ACTIVITY = A verbatim reproduction of the lines below, from the line containing "that none does." through the line containing "-> Result<Option<Item<'a>>, AllocError>", both ends included, is the whole required output.

Dataset records
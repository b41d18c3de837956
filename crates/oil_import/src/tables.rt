//! OIL of AUTOSAR: schedule tables, each with its counter, its duration and how it starts. An alarm
//! stands for each action of its points.

use crate::braces::inside;
use crate::counters::CounterLimits;
use crate::earlier::EarlierAttributes;
use crate::items::{Item, Written};
use crate::messages::{Messages, Subject, Verdict};
use crate::objects::{depth_of, is_action, subject_of};
use crate::priorities::number;
use crate::reasons;
use crate::settings::Importer;
use crate::sources::Place;
use oil_reader::{AttributeName, Kind};
use std::alloc::{AllocError, Global};
use std::mem;

/// A table. Times are counts of its counter. What is refused of it is no limit of its points.
#[derive(Drop)]
pub(crate) struct Table<'a> {
    pub name: &'a str,
    pub counter: &'a str,
    /// The longest time of an alarm of its counter.
    pub most: u32,
    /// How long a round of it takes.
    pub duration: u32,
    pub is_repeating: bool,
    pub start: Option<TableStart<'a>>,
    /// The offsets of the actions so far.
    pub offsets: Vec<u32>,
}

/// How a table starts by itself.
#[derive(Drop)]
pub(crate) struct TableStart<'a> {
    /// The count at which it does.
    pub count: u32,
    pub modes: Vec<&'a str>,
}

/// What an attribute of a table says.
#[derive(Clone, Copy)]
pub(crate) enum TablePart {
    Counter,
    Duration,
    Repeating,
    Autostart,
    Point,
    /// Of older standards: its offset stands among its parts.
    Action,
}

impl TablePart {
    /// What an attribute of that word says, in the spellings of several tools.
    pub(crate) fn of(word: &str) -> Option<TablePart> {
        match word {
            "COUNTER" => Some(TablePart::Counter),
            "DURATION" | "LENGTH" => Some(TablePart::Duration),
            "REPEATING" | "PERIODIC" => Some(TablePart::Repeating),
            "AUTOSTART" => Some(TablePart::Autostart),
            "EXPIRY_POINT" | "EXPIRYPOINT" | "EXPIRE_POINT" => Some(TablePart::Point),
            "ACTION" => Some(TablePart::Action),
            _ => None,
        }
    }
}

/// Whether objects of a kind that isn't known are schedule tables.
pub(crate) fn is_table(word: &str) -> bool {
    matches!(word, "SCHEDULETABLE" | "SCHEDULE_TABLE")
}

/// Whether an attribute says that services adjust a table to a time that is told.
fn is_adjusting(item: &Item<'_>) -> bool {
    match (item.word, item.written) {
        ("LOCAL_TO_GLOBAL_TIME_SYNCHRONIZATION", Written::Word("TRUE")) => true,
        (_, Written::Word("EXPLICIT")) => true,
        _ => false,
    }
}

impl<'a> Importer<'a> {
    /// A schedule table. What is told of it is told in the order of its places.
    pub(crate) fn table(
        &mut self,
        alloc: Global,
        item: &Item<'a>,
        attributes: &[Item<'a>],
    ) -> Result<(), AllocError> {
        let before = mem::replace(&mut self.messages, Messages::new(alloc));
        self.take_table(alloc, item, attributes)?;
        let of_table = mem::replace(&mut self.messages, before);
        self.messages.append(of_table)
    }

    fn take_table(
        &mut self,
        alloc: Global,
        item: &Item<'a>,
        attributes: &[Item<'a>],
    ) -> Result<(), AllocError> {
        if self.refuse_form(item)? {
            return Ok(());
        }
        let Written::Name(name) = item.written else {
            let subject = Subject::Word(item.word);
            return self.messages.refuse(item.place, subject, reasons::NO_NAME);
        };
        let is_idle = attributes.iter().all(|attribute| attribute.word != "ACTION"
            && !self.is_load(attribute));
        if is_idle {
            return self.leave_out(item, reasons::NO_EXPIRIES);
        }
        let mut table = self.read_table(alloc, name, item, attributes)?;
        self.points(alloc, &mut table, attributes)
    }

    /// What a table says beside its points.
    fn read_table(
        &mut self,
        alloc: Global,
        name: &'a str,
        table: &Item<'a>,
        attributes: &[Item<'a>],
    ) -> Result<Table<'a>, AllocError> {
        let end = table.end;
        let counter = match self.wanted(attributes, TablePart::Counter, "COUNTER", end)? {
            Some(item) => {
                let mut seen = EarlierAttributes::new(alloc);
                self.taken(AttributeName::AlarmCounter, &item, &mut seen)?
            }
            None => None,
        };
        let said = self.wanted(attributes, TablePart::Duration, "DURATION", end)?;
        let duration = match said {
            Some(item) => self.count(&item)?,
            None => None,
        };
        let is_repeating = match self.wanted(attributes, TablePart::Repeating, "REPEATING", end)? {
            Some(item) => self.switch(&item)? == Some(true),
            None => false,
        };
        let start = self.table_start(alloc, table, attributes)?;
        let limits = self.counters.of(counter.unwrap_or(""));
        if let (true, true, Some(item)) = (is_repeating, start.is_some(), said) {
            self.refuse_cycle(&item, duration, limits)?;
        }
        Ok(Table {
            name,
            counter: counter.unwrap_or(""),
            most: limits.map_or(u32::MAX, |limits| limits.most),
            duration: duration.unwrap_or(u32::MAX),
            is_repeating,
            start,
            offsets: Vec::new(alloc),
        })
    }

    /// Refuses a duration that no alarm of a counter can have as its cycle.
    fn refuse_cycle(
        &mut self,
        item: &Item<'a>,
        duration: Option<u32>,
        limits: Option<CounterLimits<'a>>,
    ) -> Result<(), AllocError> {
        let (Some(cycle), Some(limits)) = (duration, limits) else {
            return Ok(());
        };
        if limits.least_cycle <= cycle && cycle <= limits.most {
            return Ok(());
        }
        let (place, subject) = (item.written_place, subject_of(item));
        self.messages.refuse(place, subject, reasons::CYCLE)
    }

    /// How a table starts, where it does by itself.
    fn table_start(
        &mut self,
        alloc: Global,
        table: &Item<'a>,
        attributes: &[Item<'a>],
    ) -> Result<Option<TableStart<'a>>, AllocError> {
        let Some(at) = self.only(attributes, TablePart::Autostart)? else {
            self.tell_not_started(table)?;
            return Ok(None);
        };
        let Some(item) = attributes.get(at) else {
            return Ok(None);
        };
        match item.written {
            Written::Word("TRUE" | "ABSOLUTE" | "RELATIVE") => {
                let block = inside(attributes, at, item.depth);
                Ok(Some(self.started(alloc, item, block)?))
            }
            _ => {
                if self.switch(item)? == Some(false) {
                    self.tell_not_started(item)?;
                }
                Ok(None)
            }
        }
    }

    /// Tells that nothing starts a table, by the item that says so.
    fn tell_not_started(&mut self, item: &Item<'a>) -> Result<(), AllocError> {
        let (subject, reason) = (subject_of(item), reasons::NOT_STARTED);
        self.messages
            .tell(item.place, Verdict::Kept, subject, reason)
    }

    /// The start that stands in the braces of an AUTOSTART: its only number, and modes.
    fn started(
        &mut self,
        alloc: Global,
        item: &Item<'a>,
        block: &[Item<'a>],
    ) -> Result<TableStart<'a>, AllocError> {
        let mut seen = EarlierAttributes::new(alloc);
        let mut modes = Vec::new(alloc);
        let mut count = None;
        for part in block {
            if part.word == "APPMODE" {
                if let Some(mode) = self.taken(AttributeName::StartMode, part, &mut seen)? {
                    modes.push(mode)?;
                }
            } else {
                count = self.start_count(part, count)?;
            }
        }
        if !seen.has(AttributeName::StartMode) {
            if let Some(mode) = self.taken_missing(AttributeName::StartMode, item.end)? {
                modes.push(mode)?;
            }
        }
        if count.is_none() {
            let subject = Subject::Word(item.word);
            self.messages
                .refuse(item.end, subject, reasons::START_WANTED)?;
        }
        Ok(TableStart {
            count: count.unwrap_or(1),
            modes,
        })
    }

    /// The count at which a table starts, after another part of its AUTOSTART.
    fn start_count(
        &mut self,
        part: &Item<'a>,
        before: Option<u32>,
    ) -> Result<Option<u32>, AllocError> {
        let said = match part.written {
            Written::Word(value) => number(value),
            _ => None,
        };
        match (part.word, part.written, said) {
            (_, _, Some(_)) if before.is_some() => {
                let reason = reasons::START_TWICE;
                self.messages.refuse(part.place, subject_of(part), reason)?;
            }
            (_, _, Some(count)) => return Ok(Some(count)),
            ("TYPE", Written::Word("ABSOLUTE" | "RELATIVE"), _) => {}
            ("TYPE", _, _) => {
                let (place, subject) = (part.written_place, subject_of(part));
                self.messages.refuse(place, subject, reasons::START_TYPES)?;
            }
            _ => self.leave_out(part, reasons::UNKNOWN_ATTRIBUTE)?,
        }
        Ok(before)
    }

    /// The place among attributes of the one that says something, where one does. A second one is
    /// refused.
    fn only(
        &mut self,
        attributes: &[Item<'a>],
        part: TablePart,
    ) -> Result<Option<usize>, AllocError> {
        let depth = depth_of(attributes);
        let mut found = None;
        for (at, item) in attributes.iter().enumerate() {
            let is_said = TablePart::of(item.word).is_some_and(|said| said == part);
            if item.depth == depth && is_said {
                if found.is_some() {
                    let subject = Subject::Word(item.word);
                    self.messages.refuse(item.place, subject, reasons::TWICE)?;
                } else {
                    found = Some(at);
                }
            }
        }
        Ok(found)
    }

    /// The attribute that says something. It is refused that none does.
    fn wanted(
        &mut self,
        attributes: &[Item<'a>],
        part: TablePart,
        word: &'a str,
        end: Place,
    ) -> Result<Option<Item<'a>>, AllocError> {
        match self.only(attributes, part)? {
            Some(at) => Ok(attributes.get(at).copied()),
            None => {
                let subject = Subject::Word(word);
                self.messages.refuse(end, subject, reasons::MISSING)?;
                Ok(None)
            }
        }
    }

    /// The number that an attribute is.
    pub(crate) fn count(&mut self, item: &Item<'a>) -> Result<Option<u32>, AllocError> {
        if self.refuse_form(item)? {
            return Ok(None);
        }
        let count = match item.written {
            Written::Word(value) => number(value),
            _ => None,
        };
        if count.is_none() {
            let (place, subject) = (item.written_place, subject_of(item));
            self.messages.refuse(place, subject, reasons::NUMBERS)?;
        }
        Ok(count)
    }

    /// Whether an attribute is TRUE.
    fn switch(&mut self, item: &Item<'a>) -> Result<Option<bool>, AllocError> {
        if self.refuse_form(item)? {
            return Ok(None);
        }
        match item.written {
            Written::Word("TRUE") => Ok(Some(true)),
            Written::Word("FALSE") => Ok(Some(false)),
            _ => {
                let (place, subject) = (item.written_place, subject_of(item));
                self.messages.refuse(place, subject, reasons::SWITCH)?;
                Ok(None)
            }
        }
    }

    /// Whether something may activate a task or set an event.
    fn is_load(&self, item: &Item<'_>) -> bool {
        match item.written {
            Written::Word(value) | Written::Name(value) => {
                is_action(value) || self.objects.find(Kind::Task, value).is_some()
            }
            Written::Nothing | Written::Text(_) => false,
        }
    }

    /// Refuses what may be load, and answers whether it did.
    fn refuse_load(&mut self, item: &Item<'a>) -> Result<bool, AllocError> {
        if !self.is_load(item) {
            return Ok(false);
        }
        let (subject, reason) = (subject_of(item), reasons::LOAD);
        self.messages.refuse(item.place, subject, reason)?;
        Ok(true)
    }

    /// An attribute of a table or of a point that isn't known, with what stands in its braces.
    pub(crate) fn other_of_table(
        &mut self,
        item: &Item<'a>,
        block: &[Item<'a>],
    ) -> Result<(), AllocError> {
        if self.refuse_load(item)? {
            return Ok(());
        }
        for part in block {
            if self.refuse_load(part)? {
                return Ok(());
            }
        }
        if !is_adjusting(item) && !block.iter().any(is_adjusting) {
            return self.leave_out(item, reasons::UNKNOWN_ATTRIBUTE);
        }
        let (verdict, reason) = if self.bends.are_asked {
            (Verdict::Kept, reasons::BENT_SYNCHRONIZED)
        } else {
            (Verdict::Refused, reasons::SYNCHRONIZED)
        };
        self.messages
            .tell(item.place, verdict, subject_of(item), reason)
    }
}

TASK ANSWER =
    /// The attribute that says something. It is refused that none does.
    fn wanted(
        &mut self,
        attributes: &[Item<'a>],
        part: TablePart,
        word: &'a str,
        end: Place,
    ) -> Result<Option<Item<'a>>, AllocError> {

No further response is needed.